In the importer, users match columns from their file to the right fields in your schema. You can choose how column matching works:

Use managed column matching with { type: "managed" } when you want us to run our standard waterfall of matching steps.
Use custom column matching with { type: "custom", columnMatchHandler } when you want to run your own matching logic.

Matcher Input Context

The AI matcher runs on a compact payload with context for every unmatched source column and every unmatched schema field.

From the upload

Physical column index
Header name from the file
Sample values from the uploaded column

From your schema

Field name
Label
Field type
Description
Column name aliases

When users upload files with customer-specific header names, add context on schema fields:

.label() and .columnNameAliases() help deterministic matching and are passed to AI matching
.description() adds extra context for managed and custom AI matching

x.string()
  .label("Net revenue")
  .description("Revenue after discounts, refunds, and tax")
  .columnNameAliases(["net sales", "total after refunds"]);

Managed Matching

Our managed matching pipeline always starts with deterministic matching, then uses inference only for columns that are still unmatched when columnMatching.inference is enabled.

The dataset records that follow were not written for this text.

//! What every life of a locket is like, and the lives that stops leave. None of these functions does
//! anything: each is there for what it ensures.
ghost use Rattle.std.specs.Prelude.{◌≡◌, List, ℕ, Some};
ghost use Rattle.wire_fields.specs.Laws.{IsBytes};
ghost use Rattle.locket.specs.Bytes.{FitsLock, lock_reading, lock_spelled};
ghost use Rattle.locket.specs.Laws.{LocketOpensInOneWay, LocketOrRefused, LocketRefusedOnce, LocketOpensOrIsRefused, LocketsHaveLives, LivesNeverFall, LeasesAreApart, FencesComeOnce, OneIsHeld, AnswersAreLeases, HeldIsTheLast, LeasesStay, LivesGoOnOverStops, LeasesStayOverStops};
ghost use Rattle.locket.specs.declared.command.LockCommand.{LockCommand as ACommand};

/// A command that was spelled is read back, and bytes that are read as one are its one spelling.
pub fn lock_commands_have_one_spelling()
    ensures back { (c : ACommand) → FitsLock c → lock_reading (lock_spelled c) ≡ Some c }
    ensures one { (bytes : List ℕ) (c : ACommand) → IsBytes bytes → lock_reading bytes ≡ Some c
        → (bytes ≡ lock_spelled c) × FitsLock c }
{}

/// Each image is a locket with one life, or is refused for one defect, whatever stands in it.
pub fn an_image_is_a_locket_or_refused()
    ensures either { LocketOpensOrIsRefused }
    ensures apart { LocketOrRefused }
    ensures one_life { LocketOpensInOneWay }
    ensures one_defect { LocketRefusedOnce }
    ensures lawful { LocketsHaveLives }
{}

/// The moment of the last change and the last fence never fall.
pub fn a_life_never_falls()
    ensures { LivesNeverFall }
{}

/// Of two leases of a life the later one has a greater fence, and begins when the earlier one was
/// released or has run out. So each fence is given once, and one lease is held at most.
pub fn leases_of_a_life_are_apart()
    ensures apart { LeasesAreApart }
    ensures once { FencesComeOnce }
    ensures one { OneIsHeld }
{}

/// The leases of a life are those that were answered, and the one that is held is the last.
pub fn answers_are_leases()
    ensures answers { AnswersAreLeases }
    ensures held { HeldIsTheLast }
    ensures stay { LeasesStay }
{}

/// Whatever a stop leaves goes on from all that was acknowledged by then. So a lease that was
/// acknowledged is one of the life that is opened and of all that follows: no fence comes again over a
/// stop, and no lease begins there before it has ended.
pub fn leases_stay_over_stops()
    ensures lives { LivesGoOnOverStops }
    ensures leases { LeasesStayOverStops }
{}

import { CSVImporter, x } from "@expresscsv/sdk";

const schema = x.row({
  customerName: x
    .string()
    .label("Customer name")
    .columnNameAliases(["client", "account name"]),
  email: x.string().email().label("Email address"),
  billingAddress: x
    .string()
    .label("Billing address")
    .description("The customer's billing street address"),
});

const importer = new CSVImporter({
  schema,
  getSessionToken: async () => fetchSessionToken(),
  importNamespace: "customer-import",
  columnMatching: { type: "managed", inference: true }, 
});

Plan requirements

Managed column matching is only available on paid plans. Usage is included under ExpressCSV fair-use limits.

How Matching Runs

Deterministic pass first: built-in matchers compare each uploaded header against the schema field name, label, and columnNameAliases.
Inference second (optional): when columnMatching.inference is enabled, AI matching runs only for columns still unmatched after the deterministic pass.
Context for AI: labels, descriptions, and aliases from your schema are included in the inference payload.

Managed matching exposes each step in the waterfall:

columnMatching: {
  type: "managed",
  exact: true,
  caseInsensitive: true,
  normalized: true,
  inference: true,
}

Each flag is optional. By default, deterministic steps run and inference stays off unless you enable it.

Custom Matching

Pass type: "custom" when matching should run in your own backend. Your handler:

Receives unmatched source columns and unmatched target fields
Returns { matches } with sourceColumnIndex and targetField for each mapping

import {
  CSVImporter,
  type ColumnMatchHandler,
  type ColumnMatchHandlerResult,
} from "@expresscsv/sdk";

const columnMatchHandler: ColumnMatchHandler<typeof schema> = async ({
  sessionId,
  sourceColumns,
  targetFields,
}) => {
  const response = await fetch("/your-api/ai/column-matching", {
    method: "POST",
    headers: {
      "Content-Type": "application/json",
      Authorization: `Bearer ${accessToken}`,
    },
    body: JSON.stringify({
      sessionId,
      sourceColumns,
      targetFields,
    }),
  });

  if (!response.ok) {
    throw new Error("Column matching failed");
  }

  // Return { matches } from your backend using sourceColumnIndex and
  // targetField.
  return (await response.json()) as ColumnMatchHandlerResult<typeof schema>;
};

const importer = new CSVImporter({
  schema,
  getSessionToken: async () => fetchSessionToken(),
  importNamespace: "customer-import",
  columnMatching: { 
    type: "custom", 
    columnMatchHandler, 
  }, 
});

Your handler receives:

Property	Description
`sessionId`	ID for the current import run. Send it to your backend to correlate AI requests with the import being edited.
`sourceColumns`	Unmatched source columns, including `sourceColumnIndex`, header `name`, and `sampleValues`.
`targetFields`	Unmatched schema fields, including `name`, `label`, `type`, `description`, and `aliases`.

The returned matches must use the original sourceColumnIndex and the target field's schema key.

return {
  matches: [
    {
      // Use the original index from sourceColumns.
      sourceColumnIndex: 2,
      // Use the schema field key from targetFields.
      targetField: "email",
    },
  ],
};

Each target field should appear at most once in matches.
Leave unmapped source columns out of matches; the user can still map them manually in the importer.